In the entries below, find each line bearing the string "declared" and copy it.

*** Block opens ***

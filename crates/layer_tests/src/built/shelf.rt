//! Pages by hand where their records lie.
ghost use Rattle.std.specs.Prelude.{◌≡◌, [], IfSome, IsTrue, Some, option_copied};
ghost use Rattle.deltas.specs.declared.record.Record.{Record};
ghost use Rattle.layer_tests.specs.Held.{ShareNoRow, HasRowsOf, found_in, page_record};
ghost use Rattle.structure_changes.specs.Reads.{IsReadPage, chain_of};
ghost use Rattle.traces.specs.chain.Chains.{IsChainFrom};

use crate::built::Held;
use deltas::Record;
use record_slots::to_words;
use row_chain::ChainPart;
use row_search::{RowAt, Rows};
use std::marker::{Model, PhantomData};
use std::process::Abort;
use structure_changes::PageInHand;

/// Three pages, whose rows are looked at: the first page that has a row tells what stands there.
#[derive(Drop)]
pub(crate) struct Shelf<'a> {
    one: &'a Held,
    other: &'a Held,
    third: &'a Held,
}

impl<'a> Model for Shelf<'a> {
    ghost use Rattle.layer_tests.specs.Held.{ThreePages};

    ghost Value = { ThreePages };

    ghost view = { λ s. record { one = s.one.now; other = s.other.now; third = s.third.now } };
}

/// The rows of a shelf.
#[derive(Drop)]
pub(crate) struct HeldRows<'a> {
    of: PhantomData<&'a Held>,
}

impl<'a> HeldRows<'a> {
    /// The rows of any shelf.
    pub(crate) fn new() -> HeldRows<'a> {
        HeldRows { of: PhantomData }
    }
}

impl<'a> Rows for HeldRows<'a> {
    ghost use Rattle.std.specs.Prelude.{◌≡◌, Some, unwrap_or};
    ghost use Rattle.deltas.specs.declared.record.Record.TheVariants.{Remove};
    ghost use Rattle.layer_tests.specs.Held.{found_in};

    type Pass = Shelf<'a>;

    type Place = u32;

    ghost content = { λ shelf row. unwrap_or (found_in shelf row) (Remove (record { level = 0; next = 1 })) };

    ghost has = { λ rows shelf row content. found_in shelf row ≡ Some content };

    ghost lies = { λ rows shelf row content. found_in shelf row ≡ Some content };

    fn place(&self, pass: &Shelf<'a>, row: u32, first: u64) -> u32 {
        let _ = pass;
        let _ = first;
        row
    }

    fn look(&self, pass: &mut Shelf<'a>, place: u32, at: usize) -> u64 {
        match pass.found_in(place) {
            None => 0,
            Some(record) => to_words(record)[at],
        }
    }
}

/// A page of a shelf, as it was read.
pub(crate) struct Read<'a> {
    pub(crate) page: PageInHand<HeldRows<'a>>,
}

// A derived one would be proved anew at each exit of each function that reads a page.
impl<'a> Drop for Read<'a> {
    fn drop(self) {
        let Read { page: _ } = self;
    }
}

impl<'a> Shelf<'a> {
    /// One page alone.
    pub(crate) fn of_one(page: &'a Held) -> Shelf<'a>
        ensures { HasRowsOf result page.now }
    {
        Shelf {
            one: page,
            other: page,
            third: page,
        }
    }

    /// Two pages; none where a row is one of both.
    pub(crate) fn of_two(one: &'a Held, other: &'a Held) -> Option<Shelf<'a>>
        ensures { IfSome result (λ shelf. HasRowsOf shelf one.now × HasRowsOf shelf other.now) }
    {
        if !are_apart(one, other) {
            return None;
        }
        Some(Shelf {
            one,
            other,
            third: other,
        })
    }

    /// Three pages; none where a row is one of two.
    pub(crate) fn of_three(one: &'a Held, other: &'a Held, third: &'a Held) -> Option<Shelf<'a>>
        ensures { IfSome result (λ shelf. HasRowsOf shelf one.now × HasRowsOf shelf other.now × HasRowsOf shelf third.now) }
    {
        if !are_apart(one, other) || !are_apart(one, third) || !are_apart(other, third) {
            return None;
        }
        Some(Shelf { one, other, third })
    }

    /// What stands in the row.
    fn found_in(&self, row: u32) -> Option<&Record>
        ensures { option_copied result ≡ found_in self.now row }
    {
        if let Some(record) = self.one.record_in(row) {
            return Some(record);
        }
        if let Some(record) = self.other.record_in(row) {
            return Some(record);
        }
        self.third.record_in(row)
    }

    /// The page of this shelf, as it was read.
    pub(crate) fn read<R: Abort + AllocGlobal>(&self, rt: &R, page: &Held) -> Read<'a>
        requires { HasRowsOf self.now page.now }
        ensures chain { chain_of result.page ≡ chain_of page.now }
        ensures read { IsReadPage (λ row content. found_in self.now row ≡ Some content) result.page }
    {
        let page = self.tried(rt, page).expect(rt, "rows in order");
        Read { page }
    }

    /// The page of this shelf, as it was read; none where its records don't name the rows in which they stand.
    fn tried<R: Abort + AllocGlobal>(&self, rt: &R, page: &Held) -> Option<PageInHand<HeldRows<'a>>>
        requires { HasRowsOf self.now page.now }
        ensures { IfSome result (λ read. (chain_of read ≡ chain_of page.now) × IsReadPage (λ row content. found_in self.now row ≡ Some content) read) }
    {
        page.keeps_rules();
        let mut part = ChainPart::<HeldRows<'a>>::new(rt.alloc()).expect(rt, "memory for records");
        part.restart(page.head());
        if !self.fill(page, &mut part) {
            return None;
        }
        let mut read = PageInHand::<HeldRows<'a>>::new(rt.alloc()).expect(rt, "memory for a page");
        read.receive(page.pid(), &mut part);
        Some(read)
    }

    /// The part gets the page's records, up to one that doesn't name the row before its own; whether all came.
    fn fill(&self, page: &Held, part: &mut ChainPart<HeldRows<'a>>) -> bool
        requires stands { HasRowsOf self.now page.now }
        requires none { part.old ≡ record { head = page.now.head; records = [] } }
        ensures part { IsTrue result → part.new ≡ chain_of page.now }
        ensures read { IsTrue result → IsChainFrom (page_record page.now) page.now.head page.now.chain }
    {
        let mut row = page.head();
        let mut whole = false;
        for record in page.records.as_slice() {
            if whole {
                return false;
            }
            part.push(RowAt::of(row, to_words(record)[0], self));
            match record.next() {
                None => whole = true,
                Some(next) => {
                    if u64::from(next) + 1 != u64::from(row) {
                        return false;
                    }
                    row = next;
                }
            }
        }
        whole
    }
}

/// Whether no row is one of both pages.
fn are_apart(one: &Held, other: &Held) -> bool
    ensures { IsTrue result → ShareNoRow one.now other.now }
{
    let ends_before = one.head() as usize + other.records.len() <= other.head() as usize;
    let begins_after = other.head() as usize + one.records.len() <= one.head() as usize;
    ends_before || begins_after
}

*** Block closes ***
*** Block opens ***

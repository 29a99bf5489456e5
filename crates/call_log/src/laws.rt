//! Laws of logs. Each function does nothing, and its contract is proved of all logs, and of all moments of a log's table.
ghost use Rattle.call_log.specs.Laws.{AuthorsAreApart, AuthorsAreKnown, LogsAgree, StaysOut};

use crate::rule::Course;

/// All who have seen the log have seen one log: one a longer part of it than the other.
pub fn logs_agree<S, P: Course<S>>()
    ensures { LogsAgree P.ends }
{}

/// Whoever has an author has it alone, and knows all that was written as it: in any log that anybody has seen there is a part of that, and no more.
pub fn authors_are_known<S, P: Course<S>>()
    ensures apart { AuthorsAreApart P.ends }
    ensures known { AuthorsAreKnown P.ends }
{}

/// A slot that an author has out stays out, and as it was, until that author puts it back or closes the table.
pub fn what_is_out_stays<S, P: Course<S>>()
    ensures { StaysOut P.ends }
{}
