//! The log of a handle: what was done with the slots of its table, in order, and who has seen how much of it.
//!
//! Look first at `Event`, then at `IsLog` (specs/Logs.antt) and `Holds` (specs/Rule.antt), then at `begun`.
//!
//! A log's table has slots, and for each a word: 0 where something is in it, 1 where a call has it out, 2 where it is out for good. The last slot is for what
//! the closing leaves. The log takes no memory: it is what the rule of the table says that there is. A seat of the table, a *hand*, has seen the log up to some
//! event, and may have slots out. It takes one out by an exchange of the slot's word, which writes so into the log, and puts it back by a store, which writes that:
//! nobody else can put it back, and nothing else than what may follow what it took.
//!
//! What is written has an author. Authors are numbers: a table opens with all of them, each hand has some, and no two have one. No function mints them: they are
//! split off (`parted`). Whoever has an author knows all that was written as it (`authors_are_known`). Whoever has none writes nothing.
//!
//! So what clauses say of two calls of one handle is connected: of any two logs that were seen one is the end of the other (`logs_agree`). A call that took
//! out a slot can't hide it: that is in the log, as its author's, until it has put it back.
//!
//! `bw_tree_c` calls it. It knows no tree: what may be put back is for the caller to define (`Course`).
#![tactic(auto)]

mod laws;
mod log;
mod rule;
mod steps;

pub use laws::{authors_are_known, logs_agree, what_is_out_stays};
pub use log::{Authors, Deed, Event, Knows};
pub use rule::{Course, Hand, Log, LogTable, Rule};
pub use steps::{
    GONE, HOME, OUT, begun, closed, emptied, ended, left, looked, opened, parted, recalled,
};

*** Block closes ***

> [TASK RESULT]
ghost use Rattle.deltas.specs.declared.record.Record.{Record};
    ghost use Rattle.deltas.specs.declared.record.Record.TheVariants.{Remove};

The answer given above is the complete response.